*** Given records ***

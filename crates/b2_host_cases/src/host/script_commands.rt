//! Commands that tell the host in memory which calls fail and how its child processes end.
use crate::host::look_commands::look_command;
use b2_memory::memory::{CallKind, MemoryHost};
use std::alloc::Global;
use std::mem::ManuallyDrop;
use transcript::answer::Answer;
use transcript::case_fault::CaseFault;
use transcript::command::{Command, Word};
use transcript::words::{both, no_words, number, only};

/// The words as numbers, to lend.
fn numbers(alloc: Global, words: &[Word]) -> Result<ManuallyDrop<Vec<u32>>, CaseFault> {
    let mut numbers = Vec::new(alloc);
    for word in words {
        numbers.push(number(word.as_str()?)?)?;
    }
    Ok(ManuallyDrop::new(numbers))
}

/// The kind of a call that changes a file.
fn change_kind(word: &str) -> Result<CallKind, CaseFault> {
    match word {
        "Append" => Ok(CallKind::Append),
        "Replace" => Ok(CallKind::Replace),
        "Remove" => Ok(CallKind::Remove),
        _ => Err(CaseFault::WrongWords),
    }
}

fn call_kind(word: &str) -> Result<CallKind, CaseFault> {
    match word {
        "Stat" => Ok(CallKind::Stat),
        "Read" => Ok(CallKind::Read),
        "List" => Ok(CallKind::List),
        "Start" => Ok(CallKind::Start),
        "Wait" => Ok(CallKind::Wait),
        _ => change_kind(word),
    }
}

/// `fail_calls KIND NUMBER`: lets a call of that kind fail, by its number from now on.
fn fail_calls(alloc: Global, host: &mut MemoryHost, words: &[Word]) -> Result<Answer, CaseFault> {
    let (kind, place) = both(words)?;
    let calls = [(call_kind(kind)?, number(place)?)];
    Answer::done(alloc, host.fail_calls(calls.as_slice()))
}

/// `child_fails NUMBER ..`: lets children end badly, by the numbers of their starts from now on.
fn child_fails(alloc: Global, host: &mut MemoryHost, words: &[Word]) -> Result<Answer, CaseFault> {
    Answer::done(alloc, host.child_fails(numbers(alloc, words)?.as_slice()))
}

/// `order NUMBER ..`: which of the running children each wait gives.
fn order(alloc: Global, host: &mut MemoryHost, words: &[Word]) -> Result<Answer, CaseFault> {
    Answer::done(alloc, host.order(numbers(alloc, words)?.as_slice()))
}

/// `tear BYTES`: how many bytes a failing write leaves.
fn tear(alloc: Global, host: &mut MemoryHost, words: &[Word]) -> Result<Answer, CaseFault> {
    host.tear(number(only(words)?)?);
    Ok(Answer::new(alloc))
}

/// `fuse CALLS`: after so many more calls every call fails.
fn fuse(alloc: Global, host: &mut MemoryHost, words: &[Word]) -> Result<Answer, CaseFault> {
    host.fuse(number(only(words)?)?);
    Ok(Answer::new(alloc))
}

/// `reopen`: ends the children that run, and lets calls succeed again.
fn reopen(alloc: Global, host: &mut MemoryHost, words: &[Word]) -> Result<Answer, CaseFault> {
    no_words(words)?;
    host.reopen();
    Ok(Answer::new(alloc))
}

/// Carries out a command that tells the host what is to come, or another one.
pub fn script_command(
    alloc: Global,
    host: &mut MemoryHost,
    command: &Command,
) -> Result<Answer, CaseFault> {
    let words = command.words();
    match command.name() {
        "fail_calls" => fail_calls(alloc, host, words),
        "child_fails" => child_fails(alloc, host, words),
        "order" => order(alloc, host, words),
        "tear" => tear(alloc, host, words),
        "fuse" => fuse(alloc, host, words),
        "reopen" => reopen(alloc, host, words),
        _ => look_command(alloc, host, command),
    }
}
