//! Lists of numbers in rising order.
ghost use Rattle.std.specs.Prelude.{◌≡◌, true, ◌≤◌, ◌++◌, ◌∷◌, [], ℕ, length, slice_index_or, IfOk, OnOk, if◌then◌else◌};
ghost use Rattle.b2_runs.specs.Outcomes.{IsListOf};
ghost use Rattle.b2_sched.specs.declared.state.State.TheVariants.{Settled, Failed};
ghost use Rattle.b2_sched.specs.NumberSets.{Has};
ghost use Rattle.b2_sched.specs.Keeping.{is_failed as told_failed};

use crate::state::State;
use b2_base::fault::OutOfMemory;
use std::alloc::Global;

/// Puts a number at the end of a list, where the flag is set.
fn push_if(numbers: &mut Vec<u32>, flag: bool, number: u32) -> Result<(), OutOfMemory>
    ensures { OnOk result (numbers.new.items ≡ (if flag then numbers.old.items ++ number ∷ [] else numbers.old.items)) }
{
    if flag {
        numbers.push(number)?;
    }
    Ok(())
}

/// The numbers whose flag is set.
pub fn numbers_of(alloc: Global, flags: &[bool]) -> Result<Vec<u32>, OutOfMemory>
    requires { length flags.now ≤ 65537 }
    ensures { IfOk result (λ numbers. IsListOf (Has flags.now) numbers.items) }
{
    let mut numbers = Vec::new(alloc);
    for (number, flag) in flags.iter().enumerate() {
        push_if(&mut numbers, *flag, number as u32)?;
    }
    Ok(numbers)
}

/// Whether the state is that of a failed step.
fn is_failed(state: State) -> bool
    ensures { result ≡ told_failed state }
{
    matches!(state, State::Failed)
}

/// The numbers of the steps that failed.
pub fn failed_of(alloc: Global, states: &[State]) -> Result<Vec<u32>, OutOfMemory>
    requires { length states.now ≤ 65537 }
    ensures { IfOk result (λ numbers. IsListOf (λ i. slice_index_or states.now i Settled ≡ Failed) numbers.items) }
{
    let mut numbers = Vec::new(alloc);
    for (number, state) in states.iter().enumerate() {
        push_if(&mut numbers, is_failed(*state), number as u32)?;
    }
    Ok(numbers)
}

*** End of Given records ***

Requirement
Filter the records down to the lines containing the word "states", and copy those.

Expected output
pub fn failed_of(alloc: Global, states: &[State]) -> Result<Vec<u32>, OutOfMemory>
    requires { length states.now ≤ 65537 }
    ensures { IfOk result (λ numbers. IsListOf (λ i. slice_index_or states.now i Settled ≡ Failed) numbers.items) }
    for (number, state) in states.iter().enumerate() {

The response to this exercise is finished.